Look over the entries below. Report how many lines hold the word "StepRecord", and only that.

> LISTED RECORDS
[Start of section]

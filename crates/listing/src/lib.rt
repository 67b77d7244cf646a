// The listing: which conferences there are, who is in them, and what each party has heard.
//
// It is told of any line by what its contract says. The text is in `specs/`.
#![tactic(auto)]

ghost use Rattle.std.specs.Prelude.{◌≡◌, Some};
ghost use Rattle.std.specs.Fmt.{WritesOnOk};
ghost use Rattle.std.specs.List.{flat_map};
ghost use Rattle.listing.specs.Listing.{phase_word, mark_word, heard_on, party_line, conference_lines, lines_at, listing};

use line::Line;
use std::fmt;
use tables::{Conference, Mark, Party, Phase, Tables};

// As in `open`.
fn phase_word(phase: Phase) -> &'static str
    ensures { result.now ≡ phase_word phase }
{
    match phase {
        Phase::Open => "open",
        Phase::Ending => "ending",
    }
}

// As in `joined`.
fn mark_word(mark: Mark) -> &'static str
    ensures { result.now ≡ mark_word mark }
{
    match mark {
        Mark::Joined => "joined",
        Mark::Isolated => "isolated",
    }
}

// The tables, and the line on which their parties hear; they print as the listing.
#[derive(Clone, Copy)]
pub struct Listing<'a, L: Line> {
    pub tables: &'a Tables,
    pub line: &'a L,
}

impl<L: Line> Listing<'_, L> {
    // The sum heard on a leg.
    fn heard_on(&self, leg: u8) -> i8
        ensures { result ≡ heard_on (L.standing self.now.line.now) leg }
    {
        self.line.standing(leg).map_or(0, |standing| standing.heard)
    }

    // As in `party 0 leg 1 joined heard 1`.
    fn write_party<W: fmt::Write>(&self, f: &mut fmt::Formatter<W>, party: Party) -> fmt::Result
        ensures { WritesOnOk W.write_str_gives f.old result (party_line (L.standing self.now.line.now) party) f.new }
    {
        let Party { id, leg, .. } = party;
        let mark = mark_word(party.mark);
        let heard = self.heard_on(leg);
        writeln!(f, "party {id} leg {leg} {mark} heard {heard}")
    }

    // A line for each of the parties.
    fn write_parties<W: fmt::Write>(
        &self,
        f: &mut fmt::Formatter<W>,
        parties: &[Party],
    ) -> fmt::Result
        ensures { WritesOnOk W.write_str_gives f.old result (flat_map (party_line (L.standing self.now.line.now)) parties.now) f.new }
    {
        for party in parties {
            self.write_party(f, *party)?;
        }
        Ok(())
    }

    // As in `conference 0 size 3 open`, and its parties below.
    fn write_conference<W: fmt::Write>(
        &self,
        f: &mut fmt::Formatter<W>,
        conference: Conference,
    ) -> fmt::Result
        ensures { WritesOnOk W.write_str_gives f.old result (conference_lines self.now.tables.now (L.standing self.now.line.now) conference) f.new }
    {
        let Conference { id, size, .. } = conference;
        let phase = phase_word(conference.phase);
        writeln!(f, "conference {id} size {size} {phase}")?;
        self.write_parties(f, &self.tables.parties_of(id))
    }

    // The conference with an id, if there is one.
    fn write_at<W: fmt::Write>(&self, f: &mut fmt::Formatter<W>, id: u8) -> fmt::Result
        ensures { WritesOnOk W.write_str_gives f.old result (lines_at self.now.tables.now (L.standing self.now.line.now) id) f.new }
    {
        match self.tables.conference(id) {
            Some(conference) => self.write_conference(f, conference),
            None => Ok(()),
        }
    }
}

impl<L: Line> fmt::Display for Listing<'_, L> {
    ghost output = { λ l. Some (listing l.tables.now (L.standing l.line.now)) };

    #[tactic(auto, using(std::proofs::lemmas::Grind::put_two, crate::proofs::Ascending::lines_none, crate::proofs::Ascending::lines_more))]
    fn fmt<W: fmt::Write>(&self, f: &mut fmt::Formatter<W>) -> fmt::Result {
        for id in 0..=u8::MAX {
            self.write_at(f, id)?;
        }
        Ok(())
    }
}
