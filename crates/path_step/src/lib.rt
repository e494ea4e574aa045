// The pins and the outputs that the numbers of paths go through, for our own crates only.
#![tactic(auto)]

pub mod inner;
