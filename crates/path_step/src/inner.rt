// A caller proves what a function requires.
pub mod outputs;
pub mod pins;
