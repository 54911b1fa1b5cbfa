// Whether blocks are disjoint: each free block is compared in pairs with every block after it, free or granted. (Granted blocks stand in
// the order of their addresses, so among themselves each is compared with the one before it, when the records are read.)
ghost use Rattle.std.specs.Prelude.{◌≡◌, ◌||◌, ◌++◌, ◌+◌, ◌≤◌, ◌<◌, leb, length, get_or};
ghost use Rattle.heap_blocks.specs.Sound.{blk, apart_from};
ghost use Rattle.heap_blocks.specs.Parts.{list_blocks, free_up, blocks_of};
ghost use Rattle.heap_pairs.specs.Pairs.{later_blocks, crossb};

use ledger::{address_of, class_of};
use linked_list::next;

// Two blocks have no byte in common; by differences, which fit where sums may not.
fn apart(a: u64, size: u64, b: u64, other: u64) -> bool
    requires { (0 < size) × (0 < other) }
    ensures { result ≡ leb (a + size) b || leb (b + other) a }
{
    if a <= b {
        return size <= b - a;
    }
    other <= a - b
}

// Kept: `class < 64` stands as it is in each contract: it is the bound of a shift, and a name for it would be no shorter.
// Kept: this loop and that of `class_apart` count their nodes by hand: over `linked_list::iter` the test of a heap takes 1.65 to 1.82 times the Rust's at 100
// blocks, where 1.5 is wanted and these loops take 1.42 to 1.52.
// A block and the blocks of a list from a node on, at most so many.
fn apart_from_list(
    class: u64,
    address: u64,
    other: u64,
    head: u64,
    arena: &[u64],
    most: usize,
) -> bool
    requires { (class < 64) × (other < 64) }
    ensures { result ≡ apart_from (blk class address) (list_blocks other most arena.now head) }
{
    let size = 1u64 << class;
    let bytes = 1u64 << other;
    let mut node = head;
    let mut left = most;
    while node != 0 {
        if left == 0 {
            return true;
        }
        if !apart(address, size, node, bytes) {
            return false;
        }
        left -= 1;
        node = next(arena, node);
    }
    true
}

// A block and the lists of the classes from `from` on.
fn apart_from_lists(class: u64, address: u64, from: usize, heads: &[u64; 33], arena: &[u64]) -> bool
    requires { class < 64 }
    ensures { result ≡ apart_from (blk class address) (free_up from heads.now arena.now) }
{
    for other in from..33 {
        // most lists are empty, and a look at the head is all that such a one costs
        if heads[other] == 0 {
            continue;
        }
        let head = heads[other];
        if !apart_from_list(class, address, other as u64, head, arena, arena.len()) {
            return false;
        }
    }
    true
}

// A block and the granted ones.
fn apart_from_records(class: u64, address: u64, records: &[u64]) -> bool
    requires { class < 64 }
    ensures { result ≡ apart_from (blk class address) (blocks_of records.now) }
{
    let size = 1u64 << class;
    records.iter().all(|w| apart(address, size, address_of(*w), 1u64 << class_of(*w)))
}

// A node of a list and every block after it: the nodes after it, the lists of higher classes, and the granted blocks.
fn node_apart(
    class: usize,
    node: u64,
    after: u64,
    left: usize,
    heads: &[u64; 33],
    arena: &[u64],
    records: &[u64],
) -> bool
    requires { class < 33 }
    ensures { result ≡ apart_from (blk class node) (list_blocks class left arena.now after ++ later_blocks class heads.now arena.now records.now) }
{
    if !apart_from_list(class as u64, node, class as u64, after, arena, left) {
        return false;
    }
    if !apart_from_lists(class as u64, node, class + 1, heads, arena) {
        return false;
    }
    apart_from_records(class as u64, node, records)
}

// Each node of a class's list and every block after it.
fn class_apart(class: usize, heads: &[u64; 33], arena: &[u64], records: &[u64]) -> bool
    requires { class < 33 }
    ensures { result ≡ crossb (list_blocks class (length arena.now) arena.now (get_or heads.now class 0)) (later_blocks class heads.now arena.now records.now) }
{
    let mut left = arena.len();
    let mut node = heads[class];
    while node != 0 {
        if left == 0 {
            return true;
        }
        left -= 1;
        let after = next(arena, node);
        if !node_apart(class, node, after, left, heads, arena, records) {
            return false;
        }
        node = after;
    }
    true
}

// Each free block and every block after it.
pub fn free_apart(heads: &[u64; 33], arena: &[u64], records: &[u64]) -> bool
    ensures { result ≡ crossb (free_up 0 heads.now arena.now) (blocks_of records.now) }
{
    for class in 0..33 {
        if !class_apart(class, heads, arena, records) {
            return false;
        }
    }
    true
}
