// Whether blocks of a heap are disjoint: the part of the test of a heap, in `heap_sound`, that compares them in pairs.

#![tactic(auto)]

mod pairs;

pub use pairs::free_apart;
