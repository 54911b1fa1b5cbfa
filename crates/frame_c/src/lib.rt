// The frame table for C: each call takes a pointer, a count of words, and numbers, and answers two numbers. include/lavikety.h is
// what C sees of it; nothing larger than 16 bytes crosses by value.

#![tactic(auto)]

ghost use Rattle.std.specs.Prelude.{◌≡◌};
ghost use Rattle.frame.specs.Outcome.{Add, Alloc, AllocAligned, AllocAt, Dealloc, DeallocAligned, Summary, outcome, making};
ghost use Rattle.frame_c.specs.Crossed.{Crossed, CrossedFigures};

use answers_c::{CAnswer, numbers};

#[unsafe(no_mangle)]
pub extern "C" fn lavikety_frame_new(t: &mut [u64], order: u64) -> CAnswer
    ensures { Crossed (making order t.old) result t.new }
{
    numbers(frame::new(t, order))
}

#[unsafe(no_mangle)]
pub extern "C" fn lavikety_frame_add(t: &mut [u64], start: u64, end: u64) -> CAnswer
    ensures { Crossed (outcome (Add start end) t.old) result t.new }
{
    numbers(frame::add_frame(t, start, end))
}

#[unsafe(no_mangle)]
pub extern "C" fn lavikety_frame_alloc(t: &mut [u64], count: u64) -> CAnswer
    ensures { Crossed (outcome (Alloc count) t.old) result t.new }
{
    numbers(frame::alloc(t, count))
}

#[unsafe(no_mangle)]
pub extern "C" fn lavikety_frame_alloc_aligned(t: &mut [u64], size: u64, align: u64) -> CAnswer
    ensures { Crossed (outcome (AllocAligned size align) t.old) result t.new }
{
    numbers(frame::alloc_aligned(t, size, align))
}

#[unsafe(no_mangle)]
pub extern "C" fn lavikety_frame_alloc_at(t: &mut [u64], start: u64, count: u64) -> CAnswer
    ensures { Crossed (outcome (AllocAt start count) t.old) result t.new }
{
    numbers(frame::alloc_at(t, start, count))
}

#[unsafe(no_mangle)]
pub extern "C" fn lavikety_frame_dealloc(t: &mut [u64], start: u64, count: u64) -> CAnswer
    ensures { Crossed (outcome (Dealloc start count) t.old) result t.new }
{
    numbers(frame::dealloc(t, start, count))
}

#[unsafe(no_mangle)]
pub extern "C" fn lavikety_frame_dealloc_aligned(
    t: &mut [u64],
    start: u64,
    size: u64,
    align: u64,
) -> CAnswer
    ensures { Crossed (outcome (DeallocAligned start size align) t.old) result t.new }
{
    numbers(frame::dealloc_aligned(t, start, size, align))
}

#[unsafe(no_mangle)]
pub extern "C" fn lavikety_frame_summary(t: &[u64], figures: &mut [u64; 3]) -> u64
    ensures { CrossedFigures (outcome Summary t.now) result figures.new t.now }
{
    match frame::summary(t) {
        Ok(f) => {
            *figures = [f.granted, f.managed, f.largest];
            0
        }
        Err(refusal) => {
            *figures = [0, 0, 0];
            u64::from(refusal)
        }
    }
}
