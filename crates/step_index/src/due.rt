//! Which later places are due in a plan: those of the classes that were opened for the steps that it has found.

ghost use Rattle.std.specs.Prelude.{◌≡◌, ◌<◌, ◌+◌, ℕ, true, false, List, nat_eq, Some, OnOk};
ghost use Rattle.std.specs.BinaryHeap.{heap_items};
ghost use Rattle.std.specs.HashSet.{contains as has_class};
ghost use Rattle.linked_classes.specs.Cells.{cell_at};
ghost use Rattle.saved_steps.specs.declared.record.StepRecord.{StepRecord as Kept};
ghost use Rattle.step_index.specs.Buckets.{by_set};
ghost use Rattle.step_index.specs.Due.{AllDue, AreDue, IsBehind, IsFurther, IsGrown, HasOpenClasses, IsOpenByAccess, IsOpenByName, IsPlaceTaken, Keeps, is_due};
ghost use Rattle.step_index.specs.Near.{shares, shares_by_access, shares_by_name};
ghost use Rattle.step_index.specs.Queue.{has_place};
ghost use Rattle.step_index.specs.Records.{classes_by, classes_in};

use crate::buckets::{Classing, exec_bucket, key_bucket, makes_threads, set_number, thread_bucket};
use crate::looks::CountedRecords;
use crate::queue::PlaceQueue;
use item_store::AccessMode;
use linked_classes::ClassedVec;
use saved_steps::{Fact, StepRecord};
use std::alloc::{AllocError, Global};
use std::collections::HashSet;

/// The later places of the classes that were opened, and these classes of each kind. A class is opened once: then its later places
/// become due, and each is taken once, in their order.
#[derive(Drop)]
pub(crate) struct DuePlaces {
    places: PlaceQueue,
    threads: HashSet<u32>,
    execs: HashSet<u32>,
    gates: HashSet<u32>,
    keys: HashSet<u32>,
    writes: HashSet<u32>,
}

impl DuePlaces {
    /// None. Takes no memory.
    pub(crate) fn new(alloc: Global) -> DuePlaces
        ensures none { (k : ℕ) → is_due result k ≡ false }
        ensures due { (rs : List Kept) (from : ℕ) → AreDue rs from result }
    {
        DuePlaces {
            places: PlaceQueue::new(alloc),
            threads: HashSet::new(alloc),
            execs: HashSet::new(alloc),
            gates: HashSet::new(alloc),
            keys: HashSet::new(alloc),
            writes: HashSet::new(alloc),
        }
    }

    /// Takes the least due place, if there is one.
    pub(crate) fn take_first(&mut self) -> Option<usize>
        ensures { (rs : List Kept) (from : ℕ) → AreDue rs from self.old → IsPlaceTaken rs from self.old self.new result }
    {
        self.places.pop()
    }

    /// Opens the classes in which each later step is that depends directly on the one at a place.
    pub(crate) fn open(
        &mut self,
        records: &CountedRecords,
        at: usize,
        fact: &Fact,
    ) -> Result<(), AllocError>
        ensures opened { OnOk result (HasOpenClasses self.new fact.now) }
        ensures further { OnOk result (IsFurther (shares fact.now) records.now at self.old self.new) }
    {
        self.open_by_name(records, at, fact)?;
        self.open_by_access(records, at, fact)
    }

    /// Opens those of the steps that depend on it by their names. Each of these is of its execution: if that is open, they are due.
    fn open_by_name(
        &mut self,
        records: &CountedRecords,
        at: usize,
        fact: &Fact,
    ) -> Result<(), AllocError>
        ensures opened { OnOk result (IsOpenByName self.new fact.now) }
        ensures further { OnOk result (IsFurther (shares_by_name fact.now) records.now at self.old self.new) }
    {
        let thread = &fact.name.thread;
        let exec = exec_bucket(thread.exec());
        if self.execs.contains(&exec) {
            return Ok(());
        }
        let due = &mut self.places;
        if makes_threads(fact.kind) {
            return open_class(due, &mut self.execs, records, Classing::Execs, exec, at);
        }
        let own = thread_bucket(thread);
        open_class(due, &mut self.threads, records, Classing::Threads, own, at)?;
        open_class(due, &mut self.gates, records, Classing::Gates, exec, at)
    }

    /// Opens those of the steps that depend on it for an item. Each of these accessed its key: if all accesses of that are open, they
    /// are due.
    fn open_by_access(
        &mut self,
        records: &CountedRecords,
        at: usize,
        fact: &Fact,
    ) -> Result<(), AllocError>
        ensures opened { OnOk result (IsOpenByAccess self.new fact.now.access) }
        ensures further { OnOk result (IsFurther (shares_by_access fact.now.access) records.now at self.old self.new) }
    {
        let Some(access) = &fact.access else {
            return Ok(());
        };
        let key = key_bucket(&access.key);
        if self.keys.contains(&key) {
            return Ok(());
        }
        let due = &mut self.places;
        match access.mode {
            AccessMode::Write => {
                open_class(due, &mut self.keys, records, Classing::Keys, key, at)
            }
            AccessMode::Read => {
                open_class(due, &mut self.writes, records, Classing::Writes, key, at)
            }
        }
    }
}

/// Makes the places of a class behind one due, unless it was opened before.
fn open_class(
    due: &mut PlaceQueue,
    opened: &mut HashSet<u32>,
    records: &CountedRecords,
    by: Classing,
    class: u32,
    at: usize,
) -> Result<(), AllocError>
    requires { class < 16381 }
    ensures has { OnOk result (has_class nat_eq opened.new class ≡ true) }
    ensures kept { OnOk result (Keeps (has_class nat_eq opened.old) (has_class nat_eq opened.new)) }
    ensures grown { OnOk result (IsGrown (IsBehind (classes_by (by_set by) records.now) class at) (has_place (heap_items due.old.heap)) (has_place (heap_items due.new.heap))) }
    ensures due { OnOk result (AllDue (classes_by (by_set by) records.now) (at + 1) (has_place (heap_items due.old.heap)) (has_class nat_eq opened.old)
        → AllDue (classes_by (by_set by) records.now) (at + 1) (has_place (heap_items due.new.heap)) (has_class nat_eq opened.new)) }
{
    if !opened.insert(class)? {
        return Ok(());
    }
    records.put_behind(due, by, class, at)
}

/// Puts the places of a class behind one to those that are due.
pub(crate) fn put_behind(
    due: &mut PlaceQueue,
    records: &ClassedVec<StepRecord>,
    by: Classing,
    class: u32,
    at: usize,
) -> Result<(), AllocError>
    requires { class < 16381 }
    ensures all { OnOk result ((k : ℕ) → at < k → cell_at (classes_in records.now by) k ≡ Some class → has_place (heap_items due.new.heap) k ≡ true) }
    ensures grown { OnOk result (IsGrown (IsBehind (classes_in records.now by) class at) (has_place (heap_items due.old.heap)) (has_place (heap_items due.new.heap))) }
{
    let set = set_number(by);
    let mut last = records.last(set, class);
    while let Some(number) = last {
        let place = records.place(number);
        if place <= at {
            return Ok(());
        }
        due.push(place)?;
        last = records.before(set, number);
    }
    Ok(())
}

[End of section]

> RESULT OF THIS EXERCISE
3